Kerry blames China for 'failed' soft approach to N. Korea

8 Jan, 2016 12:32 / Updated 9 years ago

US Secretary of State John Kerry rebuked China over its appeasement of North Korea, which rocked the international community by conducting a nuclear test Wednesday. Beijing has urged Pyongyang to observe the denuclearization of the Korean Peninsula.

Kerry told reporters in Washington on Thursday that America “respected” Beijing’s special approach towards North Korea, and in particular sanctions imposed on Pyongyang.

“China had a particular approach that it wanted to make, and we agreed and respected that,” Kerry said following a phone call with his Chinese counterpart Wang Yi.

“Today in my conversation with the Chinese I made it very clear: that has not worked and we cannot continue business as usual,” Kerry said.

Kerry decisively denied a journalist’s allegation that the new North Korean nuclear test was a result of lack of oversight by Washington.

“North Korea has never been left unattended to. Not for one day,” Kerry stressed.

US officials are stressing China should be very worried that Pyongyang never warned Beijing of the upcoming nuclear test, as it did in the previous instances.

Washington thinks that without China’s economic support of Pyongyang, Kim Jong-un’s regime would crumble.

However, instead of committing itself to compromising North Korea’s economy, China has opted to apply pressure on Pyongyang from a different angle.

“China urges North Korea to adhere to denuclearization, to reiterate its commitment to this principle and to refrain from actions that can exacerbate the situation,” the Chinese Foreign Ministry's spokesperson Hua Chunying said on Friday, adding that maintaining peace and stability in the region is China's confirmed position.

“In light of new developments, China will continue to protect the non-proliferation regime and will work with all parties to resolve this issue,” the diplomat said.
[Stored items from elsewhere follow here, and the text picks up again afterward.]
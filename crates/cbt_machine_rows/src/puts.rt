//! Writes over what was read.

ghost use Rattle.std.specs.Prelude.{◌≤◌};

use crate::bench::{Bench, MOST_CALLS, own_attempt};
use crate::gets;
use crate::rows::part;
use crate::values::{document, push_at, target};
use cbt_attempt::Attempt;
use cbt_base::NoMemory;
use cbt_book::Seen;
use cbt_model::OpKind;
use cbt_read::{Get, GetEnd};
use cbt_stage::{Put, PutEnd};

/// Tells the calls of a write, its end, and what it leaves. The read before it is not told.
pub fn answer(
    bench: &mut Bench,
    told: &mut String,
    row: &str,
    kind: OpKind,
) -> Result<(), NoMemory> {
    match read(bench)? {
        Some(seen) => {
            let mut put = begin(bench, kind, seen)?;
            let done = write_over(bench, told, &mut put, part(row, "then"));
            drop(put);
            done
        }
        None => Ok(told.push_str("nothing was read")?),
    }
}

// What the attempt reads before it writes.
fn read(bench: &mut Bench) -> Result<Option<Seen>, NoMemory> {
    let mut get = Get::begin(document(bench.alloc, "a")?);
    let driven = gets::drive(bench, &mut get, "");
    bench.forget();
    let end = get.into_end();
    match driven {
        Ok(()) => Ok(seen_in(end)),
        Err(refused) => {
            drop(end);
            Err(refused)
        }
    }
}

fn seen_in(end: Option<GetEnd>) -> Option<Seen> {
    match end {
        Some(GetEnd::Value { seen }) => Some(seen),
        Some(GetEnd::Contended | GetEnd::CallFailed { .. }) | None => None,
    }
}

fn write_over(
    bench: &mut Bench,
    told: &mut String,
    put: &mut Put,
    then: &str,
) -> Result<(), NoMemory> {
    bench.make(then)?;
    drive(bench, put)?;
    bench.push_calls(told)?;
    push_end(told, put.end())?;
    bench.push_documents(told)
}

// The write by an attempt that knows no more than whether its entry was sent.
fn begin(bench: &Bench, kind: OpKind, seen: Seen) -> Result<Put, NoMemory> {
    match target(bench.alloc, kind) {
        Ok((doc, content)) => {
            let attempt = attempt_of(bench);
            let put = Put::begin(&attempt, doc, kind, content, seen);
            drop(attempt);
            Ok(put)
        }
        Err(refused) => {
            drop(seen);
            Err(refused)
        }
    }
}

fn attempt_of(bench: &Bench) -> Attempt
    ensures { (1 ≤ result.atrs) × (result.atrs ≤ 1024) }
{
    let mut attempt = own_attempt(bench.alloc);
    if let Some(atr) = bench.attempt.sent() {
        attempt.note_sent(atr);
    }
    attempt
}

fn drive(bench: &mut Bench, put: &mut Put) -> Result<(), NoMemory> {
    for _ in 0..MOST_CALLS {
        if !turn(bench, put)? {
            break;
        }
    }
    Ok(())
}

// Makes the next call; false where it has ended.
fn turn(bench: &mut Bench, put: &mut Put) -> Result<bool, NoMemory> {
    match put.next(bench.alloc)? {
        None => Ok(false),
        Some(step) => {
            put.learn(bench.call(step)?);
            Ok(true)
        }
    }
}

/// How a write ended.
pub fn push_end(told: &mut String, end: Option<&PutEnd>) -> Result<(), NoMemory> {
    match end {
        Some(PutEnd::Staged { place, .. }) => push_at(told, "staged", *place),
        Some(PutEnd::Unstaged { place }) => push_at(told, "taken back", *place),
        Some(PutEnd::Blocked { .. }) => Ok(told.push_str("blocked")?),
        Some(PutEnd::Moved) => Ok(told.push_str("moved")?),
        Some(PutEnd::CallFailed { place }) => push_at(told, "failed", *place),
        None => Ok(told.push_str("not ended")?),
    }
}
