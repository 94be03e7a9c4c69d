//! Whole tries of a transaction.
//!
//! `ops` are its operations by their letters, on the document of the last digit, first on document 1: G
//! gets it, I, S and T insert, replace and remove, each with the content 9. `end rollback` is a
//! transaction that ends so, and `slow` names the own call whose answer comes back late.

ghost use Rattle.std.specs.Prelude.{◌≡◌, ◌≤◌};

use crate::bench::{ATRS, Bench, EXP, MOST_CALLS, name_of, own_id};
use crate::rows::part;
use crate::values::{WRITTEN, document, push_at};
use cbt_base::{List, NoMemory, Text};
use cbt_book::{TxnEnd, Why};
use cbt_expr::{Expr, Op, Term, TxnPlan};
use cbt_json::{Json, Tree};
use cbt_txn::{Outcome, Try};
use std::alloc::Global;

/// Tells the calls of a try, what follows it, and what it leaves.
pub fn answer(bench: &mut Bench, told: &mut String, row: &str) -> Result<(), NoMemory> {
    let keep = part(row, "end") != "rollback";
    let plan = plan_of(bench.alloc, part(row, "ops"), keep)?;
    let done = tell(bench, told, &plan, part(row, "slow"));
    drop(plan);
    done
}

fn tell(bench: &mut Bench, told: &mut String, plan: &TxnPlan, slow: &str) -> Result<(), NoMemory> {
    let slow = slow.parse::<u32>().unwrap_or(0);
    let outcome = run(bench, plan, slow)?;
    bench.push_calls(told)?;
    push_outcome(told, outcome)?;
    bench.push_documents(told)
}

// Makes the calls of a try; what follows it.
fn run(bench: &mut Bench, plan: &TxnPlan, slow: u32) -> Result<Option<Outcome>, NoMemory> {
    let mut it = Try::begin(bench.alloc, own_id(), ATRS, 0, plan)?;
    let done = drive(bench, &mut it, plan, slow);
    let outcome = it.outcome();
    drop(it);
    done?;
    Ok(outcome)
}

fn drive(bench: &mut Bench, it: &mut Try, plan: &TxnPlan, slow: u32) -> Result<(), NoMemory>
    requires { (1 ≤ it.old.operations.attempt.atrs) × (it.old.operations.attempt.atrs ≤ 1024) }
{
    for call in 1..MOST_CALLS {
        if !turn(bench, it, plan, call == slow)? {
            break;
        }
    }
    Ok(())
}

// Makes the next call; false where it has ended.
fn turn(bench: &mut Bench, it: &mut Try, plan: &TxnPlan, late: bool) -> Result<bool, NoMemory>
    requires { (1 ≤ it.old.operations.attempt.atrs) × (it.old.operations.attempt.atrs ≤ 1024) }
    ensures { it.new.operations.attempt.atrs ≡ it.old.operations.attempt.atrs }
{
    match it.next(bench.alloc)? {
        None => Ok(false),
        Some(step) => {
            let answer = bench.call(step)?;
            it.learn(bench.alloc, plan, late, answer)?;
            Ok(true)
        }
    }
}

fn push_outcome(told: &mut String, outcome: Option<Outcome>) -> Result<(), NoMemory> {
    match outcome {
        Some(Outcome::Again) => Ok(told.push_str("another try")?),
        Some(Outcome::Ends { end }) => push_end(told, end),
        None => Ok(told.push_str("not ended")?),
    }
}

fn push_end(told: &mut String, end: TxnEnd) -> Result<(), NoMemory> {
    let word = match end {
        TxnEnd::Committed { complete: true } => "committed",
        TxnEnd::Committed { complete: false } => "committed, incomplete",
        TxnEnd::Empty => "empty",
        TxnEnd::RolledBack => "rolled back",
        TxnEnd::Failed(why) => word_of(why),
        TxnEnd::Expired { .. } => "expired",
        TxnEnd::TriesSpent => "tries spent",
        TxnEnd::Unknown => "unknown",
        TxnEnd::CallFailed { place } => return push_at(told, "call failed", place),
        TxnEnd::Stopped => "stopped",
    };
    Ok(told.push_str(word)?)
}

fn word_of(why: Why) -> &'static str {
    match why {
        Why::NotFound => "failed, not found",
        Why::Exists => "failed, exists",
        Why::NeedFalse => "failed, need false",
        Why::BadValue => "failed, bad value",
    }
}

fn plan_of(alloc: Global, letters: &str, keep: bool) -> Result<TxnPlan, NoMemory> {
    Ok(TxnPlan {
        ops: ops_of(alloc, letters)?,
        expiry: EXP,
        hold: EXP,
        tries: 1,
        keep,
    })
}

fn ops_of(alloc: Global, letters: &str) -> Result<List<Op>, NoMemory> {
    let mut ops = List::new(alloc);
    let mut place = '1';
    for letter in letters.chars() {
        if letter.is_ascii_digit() {
            place = letter;
        } else {
            ops.push(op_of(alloc, letter, place)?)?;
        }
    }
    Ok(ops)
}

fn op_of(alloc: Global, letter: char, place: char) -> Result<Op, NoMemory> {
    let doc = document(alloc, name_of(place))?;
    match letter {
        'G' => Ok(Op::Get {
            doc,
            name: Text::from_str(alloc, "x")?,
        }),
        'I' => Ok(Op::Insert {
            doc,
            value: written(alloc)?,
        }),
        'T' => Ok(Op::Remove { doc }),
        _ => Ok(Op::Replace {
            doc,
            value: written(alloc)?,
        }),
    }
}

// The content that a try writes.
fn written(alloc: Global) -> Result<Expr, NoMemory> {
    let Some(json) = Json::of(Tree::Whole(WRITTEN as i128)) else {
        return Err(NoMemory);
    };
    Ok(Expr {
        first: Term::Plain(json),
        rest: List::new(alloc),
    })
}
Former US ambassador to the UN, Bill Richardson, believes that new thinking and new policies are necessary in order to deal with Pyongyang. “I don’t mean we have to cave into their demands, but there’s no diplomacy going on… Kim Jong-un won’t talk to anyone. That's the dilemma,” he told Larry King during his show, Politicking.

Richardson stressed that the world needs to engage with North Korea.

“What you don’t want is them expanding their nuclear arsenal, being more hostile, this is why we have got to engage them, talk to them. We have got to find ways to do it, maybe not the traditional way – government to government, maybe the Pope, maybe the United Nations, maybe some third party that can be helpful and that could try to make a difference,” he said.